もし文集が見つかったら地学講義室まで持ってきてほしいと依頼した奉太郎に促されて部屋を出た古典部の面々は、数分後、古典部の部室には過去の文集が届いているのに驚く。部長の秘密を知った奉太郎が、少々強引な手を使って部長を動かしたのだった。

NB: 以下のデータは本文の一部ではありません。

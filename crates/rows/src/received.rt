//! Rows on streams that begin with a reply.

use crate::fault::RowsFault;
use crate::pieces::{Pieces, single_bytes};
use crate::playing::Asked;
use crate::texts::spell;
use couch_http::{ReplyCutter, Response};
use std::alloc::Global;
use std::fmt::Write;

/// Streams of more bytes are not cut at each place.
const SHORT: usize = 300;

/// Bodies of more bytes are told by their length.
const SHOWN: usize = 200;

/// What comes of a piece while the reply isn't whole.
const WAITS: &str = "waits";

/// What comes of a piece behind the end.
const CLOSED: &str = "Closed";

/// Pieces of a stream that begins with a reply, one a line, written as in `.stream`.
/// The answer has a line for each piece: `waits`, the reply as `STATUS BODY`, or the fault, `Syntax`,
/// `Encoding`, `TooLarge` or `Closed`.
/// A short stream is played byte by byte too, and in two pieces cut at each place, which has to come
/// to the same.
pub fn received(asked: Asked<'_>, out: &mut String) -> Result<(), RowsFault> {
    let pieces = Pieces::read(asked)?;
    let mut end = String::new(asked.alloc);
    put_lines(asked.alloc, &pieces.slices()?, out, &mut end)?;
    let bytes = pieces.bytes.as_slice();
    if bytes.len() > SHORT {
        return Ok(());
    }
    for place in 0..bytes.len() {
        let (before, behind) = bytes.split_at_checked(place).unwrap_or((bytes, b""));
        put_other(asked.alloc, &[before, behind], place, end.as_str(), out)?;
    }
    put_other(
        asked.alloc,
        &single_bytes(asked.alloc, bytes)?,
        1,
        end.as_str(),
        out,
    )
}

/// Adds a line where pieces come to something else: how many they are, the first end, and what they come to.
fn put_other(
    alloc: Global,
    pieces: &[&[u8]],
    place: usize,
    end: &str,
    out: &mut String,
) -> Result<(), RowsFault> {
    let mut lines = String::new(alloc);
    let mut other = String::new(alloc);
    put_lines(alloc, pieces, &mut lines, &mut other)?;
    if other.as_str() != end {
        let count = pieces.len();
        write!(out, "\n{count} pieces, cut at {place}: {other}")?;
    }
    Ok(())
}

/// Plays pieces on a new cutter: adds a line for each, and tells what they come to, which is the first
/// line that doesn't wait, if all behind it are closed.
fn put_lines(
    alloc: Global,
    pieces: &[&[u8]],
    out: &mut String,
    end: &mut String,
) -> Result<(), RowsFault> {
    let mut cutter = ReplyCutter::new(alloc);
    let mut come = Vec::new(alloc);
    let mut line = String::new(alloc);
    for (place, piece) in pieces.iter().enumerate() {
        come.extend_from_slice(piece)?;
        line.clear();
        put_piece(&mut cutter, piece, &come, &mut line)?;
        if place > 0 {
            out.push('\n')?;
        }
        out.push_str(line.as_str())?;
        take_end(line.as_str(), end)?;
    }
    Ok(())
}

/// Takes in the next line of what pieces come to.
fn take_end(line: &str, end: &mut String) -> Result<(), RowsFault> {
    if end.is_empty() {
        if line != WAITS {
            end.push_str(line)?;
        }
    } else if line != CLOSED {
        end.push_str(", and something behind it")?;
    }
    Ok(())
}

/// Plays a piece, with which these bytes have come.
fn put_piece(
    cutter: &mut ReplyCutter,
    piece: &[u8],
    come: &[u8],
    out: &mut String,
) -> Result<(), RowsFault> {
    match cutter.feed(piece) {
        Ok(None) => out.push_str(WAITS)?,
        Ok(Some(reply)) => put_reply(&reply, come, out)?,
        Err(fault) => write!(out, "{fault:?}")?,
    }
    Ok(())
}

/// Adds a reply as its status and its body, if its bytes are the first of those that have come and
/// end in its body.
fn put_reply(reply: &Response, come: &[u8], out: &mut String) -> Result<(), RowsFault> {
    let body = reply.body();
    if !come.starts_with(reply.bytes()) || !reply.bytes().ends_with(body) {
        out.push_str("other bytes")?;
        return Ok(());
    }
    write!(out, "{}", reply.status())?;
    match body.len() {
        0 => Ok(()),
        1..=SHOWN => {
            out.push(' ')?;
            spell(body, out)
        }
        length => {
            write!(out, " {length} bytes")?;
            Ok(())
        }
    }
}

ようやく手に入れた文集は、一番古いものが「氷菓 第二号」というタイトルになっていた。古典部と氷菓の関連が見いだせないと首をかしげるなか、えるが33年前の「氷菓 第二号」に行方不明の伯父・関谷純のことが載っていると口にした。

33年前の文集「氷菓」の真実

奉太郎は、えるから古典部に入部した「一身上の都合」について話を聞いていた。彼女には行方不明中の伯父・関谷純がいること。10年前の幼稚園児だったころ、伯父から古典部について色々話を聞いたこと、ある日えるが古典部に関する「何か」を尋ね、その答えに大泣きをしてしまったこと。当時の自分が何にショックを受け泣いたのかを思い出したいというのが古典部に入った理由だということ、だった。

「氷菓 二号」には、33年前に何かが起き関谷が学校を去ったこと、争いや犠牲がありそれは英雄譚ではなかったこと、氷菓と命名したのは関谷だったことなどが読み取れるものの、詳細は一切不明だった。4人は33年前に何が起きたのかを調べ、それらを文集にまとめて発行することに決めた。

全員の意見を持ち寄って検証した結果、奉太郎によって事件は5W1Hにまとめられました。

  • いつ:33年前の6月と10月に
  • どこで:神山高校で
  • 誰が:関谷純をリーダーとした全校生徒が
  • なぜ:生徒活動よりも学力を重視すると校長が方針を変えたため
  • どのように:古典部部長関谷純の英雄的な指導に支えられ
  • 何を:非暴力的で他人数で行う抗議行動を行った

綺麗にまとまったかに見えるが、えるが泣いた理由までは説明できていなかった。その後、「氷菓 二号」で関谷のことを書いた人物が当時の神山高校生だった司書の糸魚川先生であることに気づき、話を聞きに行く。

その中で、古典部の出したまとめがほぼ的を射ていること、抗議活動中に学校の施設である格技場で火事が起き消防活動で半壊してしまったこと。10月の文化祭終了後、見せしめとして関谷が退学処分を受けた事などが語られた。カンヤ祭という名称は、神山高校文化祭が短縮されたものではなかった。

そして関谷の名付けた「氷菓」というタイトルは、アイスクリームのことだと奉太郎は気が付いた。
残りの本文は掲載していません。